Regarding the implementation of the learning process, we chose asymmetric Hebbian STDP within the MGC AL model for synaptic targets onto LN neurons as a commonly adopted associative learning rule to self-organize its weight parameters (Caporale and Dan, 2008). STDP potentiates weights for which presynaptic spikes precede post-synaptic spikes, emphasizing causal relationship between presynaptic spikes creating postsynaptic activity in LN targets. In the case of multiple synaptic inputs onto single target soma operating under a balanced regime of inhibition and excitation (as in the LN layer of the MGC model) previous modeling studies have demonstrated that when Hebbian STDP is invoked synapses compete to drive the target cell output so that normalization of total weight in the postsynaptic cell is unnecessary (Song et al., 2000). In the reciprocally connected LN layer of our MGC model we find that the result of this local competition for LN firing results in a stable weight configuration (Figures 5A,B) that leads to an activity-dependent competition in LNs for different ratios of ORN input (Figure 5C). Thus, STDP is capable of self-organizing the LN layer to represent the space of input ratios presented during training that could potentially be useful for self-organizing chemosensor inputs with different real-world tunings (Albert et al., 2002; Gill and Pearce, 2003).

We found that applying STDP to both excitatory afferent ORN-LN and inhibitory LN-LN synapses led to a stable and asymmetric weight configuration (Figures 5A,B) driving competition in the LN layer to represent the input space of possible ratios (Figure 5C). This behavior can be understood by comparing to other studies on reciprocally connected neural models adapted by associative learning, equivalent to the LN layer in our model. Hebbian-like associative plasticity combined with suitable learning constraints can enforce competition between synapses in these reciprocally connected networks (Miller and MacKay, 1994), such that afferent inputs may then compete to drive the neuron response and self-organize to represent different input features, which has long been studied as a model of cortical development [reviewed by Swindale (1996), Miller (1996)]. Pure Hebbian rules in themselves however do not include a synaptic depression term, potentially causing weight values to explode in such models without suitable normalization (Gill and Pearce, 2003). Modern associative learning rules such as STDP, on the other hand, effectively solve this normalization issue by balancing synaptic depression and potentiation asymmetrically through spike timing (Guetig et al., 2003). Through balancing long-term potentiation and depression together with imposing a time asymmetry, STDP has been shown to regulate weights within a quiescent operating range, but still drive symmetry breaking of weights, leading to input feature selectivity in a variety of reciprocally connected networks without any additional requirement for synaptic normalization (Song et al., 2000; Song and Abbott, 2001). More recently STDP based models have been shown to be capable of modulating input selectivity in coupled populations of excitatory and inhibitory neurons in the olfactory (Finelli et al., 2008; Linster and Cleland, 2010) and mammalian visual pathways (Young et al., 2007; Srinivasa and Jiang, 2013).

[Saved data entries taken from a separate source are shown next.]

// The lines that tell what is shown of units.
ghost use Rattle.std.specs.Prelude.{◌≡◌, ◌++◌, IfOk, OnOk, Some};
ghost use Rattle.std.specs.String.{string_bytes};
ghost use Rattle.prove_tool.specs.Lines.{back_of, front_of, lines_text, unit_line, word_of};

use cert_terms::LineRefusal;
use std::alloc::{AllocError, Global};
use std::fmt;
use unit_proof::{Unfound, UnitAnswer, UnitVerdict};
use vb_base::{Memory, put};

/// The word of a reason for which a line of a certificate is refused.
fn word_of(reason: LineRefusal) -> &'static str
    ensures { result.now ≡ word_of reason }
{
    match reason {
        LineRefusal::Header => "header",
        LineRefusal::Ending => "ending",
        LineRefusal::Word => "word",
        LineRefusal::Number => "number",
        LineRefusal::Count => "count",
        LineRefusal::Name => "name",
        LineRefusal::Type => "type",
        LineRefusal::Definition => "definition",
        LineRefusal::Shape => "shape",
        LineRefusal::Case => "case",
        LineRefusal::Sum => "sum",
        LineRefusal::Large => "large",
        LineRefusal::Hint => "hint",
        LineRefusal::Open => "open",
        LineRefusal::Long => "long",
        LineRefusal::Missing => "missing",
    }
}

/// The line at which a certificate is refused, and why.
#[derive(Clone, Copy)]
struct RefusedAt {
    line: usize,
    reason: LineRefusal,
}

impl fmt::Display for RefusedAt {
    ghost use Rattle.prove_tool.specs.Lines.{refused_text};

    ghost output = { λ r. Some (refused_text r.line r.reason) };

    fn fmt<W: fmt::Write>(&self, f: &mut fmt::Formatter<W>) -> fmt::Result {
        let RefusedAt { line, reason } = self;
        let word = word_of(*reason);
        write!(f, "certificate {line} {word}")
    }
}

/// What stands behind the name of a unit.
fn back_of(alloc: Global, verdict: UnitVerdict) -> Result<String, AllocError>
    ensures { IfOk result (λ text. string_bytes text ≡ back_of verdict) }
{
    match verdict {
        UnitVerdict::Proved | UnitVerdict::Uncertified(Unfound::Missing) => Ok(String::new(alloc)),
        UnitVerdict::Uncertified(Unfound::Open(label)) => format!(in alloc; " {label}"),
        UnitVerdict::Uncertified(Unfound::Spent) => format!(in alloc; " steps"),
        UnitVerdict::Refused(line, reason) => {
            let at = RefusedAt { line, reason };
            format!(in alloc; " {at}")
        }
    }
}

/// The word with which the line of a unit begins, and a blank.
fn front_of(verdict: UnitVerdict) -> &'static [u8]
    ensures { result.now ≡ front_of verdict }
{
    match verdict {
        UnitVerdict::Proved => b"proved ",
        UnitVerdict::Uncertified(_) | UnitVerdict::Refused(_, _) => b"open ",
    }
}

/// Appends the line of a unit.
fn put_line(alloc: Global, out: &mut Vec<u8>, answer: &UnitAnswer) -> Result<(), Memory>
    ensures { OnOk result (out.new.items ≡ out.old.items ++ unit_line answer.now) }
{
    let back = back_of(alloc, answer.verdict)?;
    put(out, front_of(answer.verdict))?;
    put(out, answer.name.bytes())?;
    put(out, back.as_bytes())?;
    put(out, b"\n")
}

/// Appends a line for each unit.
fn put_lines(alloc: Global, out: &mut Vec<u8>, answers: &[UnitAnswer]) -> Result<(), Memory>
    ensures { OnOk result (out.new.items ≡ out.old.items ++ lines_text answers.now) }
{
    for answer in answers {
        put_line(alloc, out, answer)?;
    }
    Ok(())
}

/// A line for each unit.
pub fn lines(alloc: Global, answers: &[UnitAnswer]) -> Result<Vec<u8>, Memory>
    ensures { IfOk result (λ out. out.items ≡ lines_text answers.now) }
{
    let mut out = Vec::new(alloc);
    put_lines(alloc, &mut out, answers)?;
    Ok(out)
}
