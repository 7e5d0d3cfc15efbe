// From a file to its program.
ghost use Rattle.std.specs.Prelude.{◌≡◌, ◌≤◌, ℕ, length, IfErr, IfOk};
ghost use Rattle.vb_base.specs.Limits.{max_boogie_bytes, max_viper_bytes};
ghost use Rattle.vb_outer.specs.Shelf.{IsWhole};
ghost use Rattle.prove_tool.specs.Call.{StopsAtFile};
ghost use Rattle.prove_tool.specs.Parts.{IsSound, StopsAtBytes, subject_of};
ghost use Rattle.prove_tool.specs.Subject.{IsAcceptedAs, most_bytes};
ghost use Rattle.prove_tool.specs.Written.{IsProgramOf};

use crate::language::Language;
use crate::status::{ProveStatus, of_boogie, of_file, of_viper};
use crate::subject::Subject;
use boogie_file::boogie_program;
use std::alloc::Global;
use vb_outer::{Shelf, read_file};
use viper_file::typed_program;

/// The typed program of the bytes of a file of Viper.
fn viper_subject(alloc: Global, bytes: &[u8]) -> Result<Subject, ProveStatus>
    requires { length bytes.now ≤ max_viper_bytes }
    ensures accepted { IfOk result (λ p. IsAcceptedAs bytes.now Language.Viper (subject_of p)) }
    ensures sound { IfOk result (λ p. IsSound (subject_of p)) }
    ensures stops { (before now : ℕ) → IfErr result (StopsAtBytes bytes.now Language.Viper before now) }
{
    match typed_program(alloc, bytes) {
        Ok(program) => Ok(Subject::Viper(program)),
        Err(fault) => Err(of_viper(fault)),
    }
}

/// The typed program of the bytes of a text of Boogie.
fn boogie_subject(alloc: Global, bytes: &[u8]) -> Result<Subject, ProveStatus>
    requires { length bytes.now ≤ max_boogie_bytes }
    ensures accepted { IfOk result (λ p. IsAcceptedAs bytes.now Language.Boogie (subject_of p)) }
    ensures sound { IfOk result (λ p. IsSound (subject_of p)) }
    ensures stops { (before now : ℕ) → IfErr result (StopsAtBytes bytes.now Language.Boogie before now) }
{
    match boogie_program(alloc, bytes) {
        Ok(program) => Ok(Subject::Boogie(program)),
        Err(trouble) => Err(of_boogie(trouble)),
    }
}

/// The typed program of the bytes of a file of the language.
fn program_of_bytes(alloc: Global, language: Language, bytes: &[u8]) -> Result<Subject, ProveStatus>
    requires { length bytes.now ≤ most_bytes language }
    ensures accepted { IfOk result (λ p. IsAcceptedAs bytes.now language (subject_of p)) }
    ensures sound { IfOk result (λ p. IsSound (subject_of p)) }
    ensures stops { (before now : ℕ) → IfErr result (StopsAtBytes bytes.now language before now) }
{
    match language {
        Language::Viper => viper_subject(alloc, bytes),
        Language::Boogie => boogie_subject(alloc, bytes),
    }
}

/// Reads a file of the language: its typed program. Its bytes are given up behind.
pub fn program_of_file<H: Shelf>(
    alloc: Global,
    shelf: &mut H,
    language: Language,
    file: &str,
) -> Result<Subject, ProveStatus>
    ensures program { IfOk result (λ p. IsProgramOf (IsWhole (H.files shelf.old)) language file.now (subject_of p)) }
    ensures sound { IfOk result (λ p. IsSound (subject_of p)) }
    ensures stops { IfErr result (StopsAtFile (H.files shelf.old) language file.now (H.faults shelf.old) (H.faults shelf.new)) }
    ensures later { H.faults shelf.old ≤ H.faults shelf.new }
    ensures files { H.files shelf.new ≡ H.files shelf.old }
{
    match read_file(alloc, shelf, file, language.most_bytes()) {
        Ok(bytes) => program_of_bytes(alloc, language, &bytes),
        Err(fault) => Err(of_file(language, fault)),
    }
}
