// A law, as the contract of a function that does nothing.
ghost use Rattle.std.specs.Prelude.{ℕ, List};
ghost use Rattle.viper_core.specs.Program.{Program};
ghost use Rattle.viper_file.specs.Accepted.{IsAccepted};
ghost use Rattle.enc_units.specs.Translates.{Translates};
ghost use Rattle.prove_tool.specs.Subject.{NothingFails};

use crate::language::Language;

/// Where nothing of a translation fails, nothing of the file of Viper does: no unit, no method from a state that satisfies its
/// precondition, and no whole execution, if the file has none of the words `wildcard`, `inhale` and `assume`. A call of `translate` that
/// is done writes a translation, and one of `prove-boogie` or `certify-boogie` shows that nothing of its text fails.
pub fn where_nothing_of_a_translation_fails_nothing_of_the_file_does()
    ensures { (source : List ℕ) (program : Program) (text : List ℕ) → IsAccepted source program → Translates program text
        → NothingFails text Language.Boogie → NothingFails source Language.Viper }
{}
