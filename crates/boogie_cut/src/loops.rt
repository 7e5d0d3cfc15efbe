// Loops, and the blocks of a branch.
ghost use Rattle.std.specs.Prelude.{◌≡◌, OnOk};
ghost use Rattle.std.specs.List.{filter, range_with_len};
ghost use Rattle.std.specs.Option.{option_map};
ghost use Rattle.boogie_tree.specs.Stmt as s;
ghost use Rattle.boogie_tree.specs.Whole.{expr_of, stmts_of};
ghost use Rattle.boogie_loops.specs.Changed.{changes, targets};
ghost use Rattle.boogie_loops.specs.View.{wstmts_of};
ghost use Rattle.boogie_cut.specs.Cut as c;
ghost use Rattle.boogie_cut.specs.View.{clauses_of, types_in};

use crate::changed::targets;
use crate::copies::{Renumbering, copy};
use crate::pieces::{write_asserts, write_assumes, write_havocs};
use boogie_loops::{Clause, WStmt};
use boogie_tree::{BExpr, BStmt, Local};
use std::alloc::Global;
use vb_base::Memory;

pub(crate) fn write_if(
    alloc: Global,
    e: &BExpr,
    then: Vec<BStmt>,
    other: Vec<BStmt>,
    out: &mut Vec<BStmt>,
) -> Result<(), Memory>
    ensures { OnOk result (stmts_of out.new.items ≡ c.join (stmts_of out.old.items)
        (c.alone (s.If (expr_of e.now) (stmts_of then.items) (stmts_of other.items)))) }
{
    let condition = copy(alloc, e)?;
    Ok(out.push(BStmt::If(condition, then, other))?)
}

pub(crate) fn write_either(
    then: Vec<BStmt>,
    other: Vec<BStmt>,
    out: &mut Vec<BStmt>,
) -> Result<(), Memory>
    ensures { OnOk result (stmts_of out.new.items ≡ c.join (stmts_of out.old.items)
        (c.alone (s.Either (stmts_of then.items) (stmts_of other.items)))) }
{
    Ok(out.push(BStmt::Either(then, other))?)
}

/// What stands before a turn: the invariants hold, and the first n variables that the body changes take any values.
fn write_head(
    alloc: Global,
    n: usize,
    invariants: &[Clause],
    body: &[WStmt],
    out: &mut Vec<BStmt>,
) -> Result<(), Memory>
    ensures { OnOk result (stmts_of out.new.items ≡ c.join (stmts_of out.old.items) (c.join (c.asserts (clauses_of invariants.now))
        (c.join (c.havocs (filter (changes (wstmts_of body.now)) (range_with_len 0 n))) (c.assumes (clauses_of invariants.now))))) }
{
    let targets = targets(alloc, n, body)?;
    write_asserts(alloc, Renumbering::Own, invariants, out)?;
    write_havocs(&targets, out)?;
    write_assumes(alloc, Renumbering::Own, invariants, out)
}

/// After a turn the invariants hold, and no run continues.
fn end_turn(alloc: Global, invariants: &[Clause], turn: &mut Vec<BStmt>) -> Result<(), Memory>
    ensures { OnOk result (stmts_of turn.new.items ≡ c.cut_turn (clauses_of invariants.now) (stmts_of turn.old.items)) }
{
    write_asserts(alloc, Renumbering::Own, invariants, turn)?;
    Ok(turn.push(BStmt::Assume(BExpr::Bool(false)))?)
}

/// A turn, or none.
fn write_guard(
    alloc: Global,
    guard: &Option<BExpr>,
    turn: Vec<BStmt>,
    out: &mut Vec<BStmt>,
) -> Result<(), Memory>
    ensures { OnOk result (stmts_of out.new.items ≡ c.join (stmts_of out.old.items)
        (c.alone (c.cut_guard (option_map expr_of guard.now) (stmts_of turn.items)))) }
{
    match guard {
        Some(e) => write_if(alloc, e, turn, Vec::new(alloc), out),
        None => write_either(turn, Vec::new(alloc), out),
    }
}

/// The loop, where the turn is what is written for its body.
pub(crate) fn write_loop(
    alloc: Global,
    own: &[Local],
    guard: &Option<BExpr>,
    invariants: &[Clause],
    body: &[WStmt],
    mut turn: Vec<BStmt>,
    out: &mut Vec<BStmt>,
) -> Result<(), Memory>
    ensures { OnOk result (stmts_of out.new.items ≡ c.join (stmts_of out.old.items)
        (c.cut_loop (option_map expr_of guard.now) (clauses_of invariants.now) (targets (types_in own.now) (wstmts_of body.now)) (stmts_of turn.items))) }
{
    end_turn(alloc, invariants, &mut turn)?;
    write_head(alloc, own.len(), invariants, body, out)?;
    write_guard(alloc, guard, turn, out)
}
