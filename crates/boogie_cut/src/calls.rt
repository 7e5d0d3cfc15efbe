// Calls.
ghost use Rattle.std.specs.Prelude.{◌≡◌, ◌++◌, ◌∷◌, [], take, Some, IfOk, OnOk};
ghost use Rattle.std.specs.List.{range_with_len};
ghost use Rattle.boogie_tree.specs.Whole.{exprs_of, stmts_of, type_of};
ghost use Rattle.boogie_loops.specs.Procedures.{param_types};
ghost use Rattle.boogie_loops.specs.View.{wproc_of};
ghost use Rattle.boogie_cut.specs.Cut as c;
ghost use Rattle.boogie_cut.specs.View.{types_in, types_of_all};

use crate::copies::{Renumbering, bases};
use crate::pieces::{behind, write_asserts, write_assigns, write_assumes, write_havocs};
use boogie_loops::WProc;
use boogie_tree::{BExpr, BStmt, BType, Local};
use std::alloc::Global;
use vb_base::Memory;

/// So many of the locals, or all where there are fewer.
fn first_of(locals: &[Local], many: usize) -> &[Local]
    ensures { result.now ≡ take many locals.now }
{
    if many < locals.len() {
        &locals[..many]
    } else {
        locals
    }
}

/// The parameters of a procedure.
fn params(proc: &WProc) -> &[Local]
    ensures { types_in result.now ≡ param_types (wproc_of proc.now) }
{
    first_of(&proc.locals, proc.params)
}

fn add_type(alloc: Global, ty: &BType, types: &mut Vec<BType>) -> Result<(), Memory>
    ensures { OnOk result (types_of_all types.new.items ≡ types_of_all types.old.items ++ type_of ty.now ∷ []) }
{
    let keys = bases(alloc, &ty.keys)?;
    Ok(types.push(BType {
        keys,
        base: ty.base,
    })?)
}

/// Adds the types of the locals.
fn add_types(alloc: Global, locals: &[Local], types: &mut Vec<BType>) -> Result<(), Memory>
    ensures { OnOk result (types_of_all types.new.items ≡ types_of_all types.old.items ++ types_in locals.now) }
{
    for local in locals {
        add_type(alloc, &local.ty, types)?;
    }
    Ok(())
}

/// A further local for each parameter of the procedure.
pub(crate) fn add_params(
    alloc: Global,
    callee: &WProc,
    types: &mut Vec<BType>,
) -> Result<(), Memory>
    ensures { OnOk result (types_of_all types.new.items ≡ types_of_all types.old.items ++ param_types (wproc_of callee.now)) }
{
    add_types(alloc, params(callee), types)
}

/// So many numbers from n on, and then the targets.
fn numbers(alloc: Global, n: usize, many: usize, targets: &[usize]) -> Result<Vec<usize>, Memory>
    ensures { IfOk result (λ is. is.items ≡ range_with_len n many ++ targets.now) }
{
    let mut numbers = Vec::new(alloc);
    for place in 0..many {
        numbers.push(behind(n, place)?)?;
    }
    numbers.extend_from_slice(targets)?;
    Ok(numbers)
}

/// The call of a procedure, whose arguments are kept from the local n on.
pub(crate) fn write_call(
    alloc: Global,
    callee: &WProc,
    n: usize,
    targets: &[usize],
    arguments: &[BExpr],
    out: &mut Vec<BStmt>,
) -> Result<(), Memory>
    ensures { OnOk result (stmts_of out.new.items ≡ c.join (stmts_of out.old.items)
        (c.cut_call targets.now (exprs_of arguments.now) n (Some (wproc_of callee.now))).stmts) }
{
    let numbers = numbers(alloc, n, arguments.len(), targets)?;
    let names = Renumbering::Of(&numbers);
    write_assigns(alloc, n, arguments, out)?;
    write_asserts(alloc, names, &callee.preconditions, out)?;
    write_havocs(targets, out)?;
    write_assumes(alloc, names, &callee.postconditions, out)
}
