// What a search shows of the units of a file.
ghost use Rattle.std.specs.Prelude.{◌≡◌, ◌≤◌, IfErr, IfOk};
ghost use Rattle.vb_outer.specs.Shelf.{IsWhole};
ghost use Rattle.prove_tool.specs.Call.{StopsAtFile};
ghost use Rattle.prove_tool.specs.Parts.{StopsAtBytes};
ghost use Rattle.prove_tool.specs.Subject.{IsAnswered};
ghost use Rattle.prove_tool.specs.Written.{AreAnswersOf};

use crate::language::Language;
use crate::status::{ProveStatus, of_boogie, of_file, of_proof};
use search_failures::search_values;
use search_units::{DEFAULT_STEPS, Searched, search};
use std::alloc::Global;
use unit_proof::{CertificateFault, Certificates, Offer, Unfound, UnitAnswer, UnitConditions};
use vb_base::{Memory, put};
use vb_outer::{Shelf, read_file};

/// A search for a certificate of each unit, of so many steps at most for each.
#[derive(Clone, Copy, Debug)]
pub struct Search {
    pub steps: u64,
}

impl Search {
    /// A search within a budget, or else within the one that stands for all files.
    pub fn within(steps: Option<u64>) -> Search {
        Search {
            steps: steps.unwrap_or(DEFAULT_STEPS),
        }
    }

    /// What it finds for a unit.
    pub fn offer(self, alloc: Global, unit: &UnitConditions) -> Result<Offer, Memory> {
        match search(alloc, unit.name.bytes(), &unit.conditions, self.steps)? {
            Searched::Certificate(text) => Ok(Offer::Certificate(text)),
            Searched::Open(label) => Ok(Offer::Nothing(Unfound::Open(label))),
            Searched::Spent => Ok(Offer::Nothing(Unfound::Spent)),
        }
    }

    /// A line with the name of a unit, and what it finds of the labels of its conditions.
    pub fn values(self, alloc: Global, unit: &UnitConditions) -> Result<Vec<u8>, Memory> {
        let found = search_values(alloc, &unit.conditions, self.steps)?;
        let mut text = Vec::new(alloc);
        put(&mut text, b"unit ")?;
        put(&mut text, unit.name.bytes())?;
        put(&mut text, b"\n")?;
        put(&mut text, &found)?;
        Ok(text)
    }
}

impl Certificates for Search {
    fn next_certificate<H: Shelf>(
        &mut self,
        alloc: Global,
        _shelf: &mut H,
        unit: &UnitConditions,
    ) -> Result<Offer, CertificateFault> {
        match self.offer(alloc, unit) {
            Ok(offer) => Ok(offer),
            Err(_) => Err(CertificateFault::Memory),
        }
    }
}

/// What a search shows of the units of the bytes of a file of Viper.
fn viper_answers<H: Shelf>(
    alloc: Global,
    shelf: &mut H,
    bytes: &[u8],
    mut search: Search,
) -> Result<Vec<UnitAnswer>, ProveStatus>
    ensures answered { IfOk result (λ answers. IsAnswered bytes.now Language.Viper answers.items) }
    ensures stops { IfErr result (StopsAtBytes bytes.now Language.Viper (H.faults shelf.old) (H.faults shelf.new)) }
    ensures files { H.files shelf.new ≡ H.files shelf.old }
{
    match viper_proof::proved(alloc, bytes, shelf, &mut search) {
        Ok(answers) => Ok(answers),
        Err(unproved) => Err(of_proof(unproved)),
    }
}

/// What a search shows of the procedures of the bytes of a text of Boogie.
fn boogie_answers<H: Shelf>(
    alloc: Global,
    shelf: &mut H,
    bytes: &[u8],
    mut search: Search,
) -> Result<Vec<UnitAnswer>, ProveStatus>
    ensures answered { IfOk result (λ answers. IsAnswered bytes.now Language.Boogie answers.items) }
    ensures stops { IfErr result (StopsAtBytes bytes.now Language.Boogie (H.faults shelf.old) (H.faults shelf.new)) }
    ensures files { H.files shelf.new ≡ H.files shelf.old }
{
    match boogie_proof::proved(alloc, bytes, shelf, &mut search) {
        Ok(answers) => Ok(answers),
        Err(trouble) => Err(of_boogie(trouble)),
    }
}

/// What a search shows of the units of the bytes of a file of the language.
fn answers_of_bytes<H: Shelf>(
    alloc: Global,
    shelf: &mut H,
    language: Language,
    bytes: &[u8],
    search: Search,
) -> Result<Vec<UnitAnswer>, ProveStatus>
    ensures answered { IfOk result (λ answers. IsAnswered bytes.now language answers.items) }
    ensures stops { IfErr result (StopsAtBytes bytes.now language (H.faults shelf.old) (H.faults shelf.new)) }
    ensures files { H.files shelf.new ≡ H.files shelf.old }
{
    match language {
        Language::Viper => viper_answers(alloc, shelf, bytes, search),
        Language::Boogie => boogie_answers(alloc, shelf, bytes, search),
    }
}

/// Reads a file of the language, and tells what a search shows of its units.
pub fn searched<H: Shelf>(
    alloc: Global,
    shelf: &mut H,
    language: Language,
    file: &str,
    search: Search,
) -> Result<Vec<UnitAnswer>, ProveStatus>
    ensures answered { IfOk result (λ answers. AreAnswersOf (IsWhole (H.files shelf.old)) language file.now answers.items) }
    ensures stops { IfErr result (StopsAtFile (H.files shelf.old) language file.now (H.faults shelf.old) (H.faults shelf.new)) }
    ensures files { H.files shelf.new ≡ H.files shelf.old }
{
    match read_file(alloc, shelf, file, language.most_bytes()) {
        Ok(bytes) => answers_of_bytes(alloc, shelf, language, &bytes, search),
        Err(fault) => Err(of_file(language, fault)),
    }
}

We found the equivalent learning behavior in our study for the LN-layer adapted through STDP: that stability is achieved in both ORN-LN and LN-LN weights over time together with a wide variation of selectivity to ORN input covering the ratiometric stimulus space without the requirement for a normalization mechanism. In this way, the LN population responses were found to be increasingly decorrelated as a result of learning, shown to lead in greater separation in the network output phase space trajectories to different input ratios (Figure 5D). The fact that this LN layer representation leads to enhanced separation can be explained in terms of our previous analysis for the continuous version of the MGC model: that more diversity in the LN layer weights causes greater decorrelation in PN output population trajectories over time that was measured to provide greater ratio specificity and classification accuracy of ratios (Chong et al., 2012).

Since in the LCA dynamical regime of our MGC model the external input was found to influence LCA dynamics more strongly than in FPA (Chong et al., 2012), this regime provides a greater opportunity to learn transient dynamics through adapting synapses such as STDP, as used in the experiment for Figure 5. Indeed, (Buonomano, 2005) showed that in a certain class of recurrent network the use of STDP learning could form more stable dynamics. Our results show that the ratiometric dependence of the dynamics after STDP learning is amplified in the response, showing greater separation (Figure 5D). Interestingly, similar increases in separation in AL dynamics have been demonstrated in the honeybee AL resulting from paired conditioning of specific odor ratios and rewards (Fernandez et al., 2009). While STDP has not yet been demonstrated in the insect AL some form of local associative Hebbian-like plasticity mechanism is likely to account for such phenomena.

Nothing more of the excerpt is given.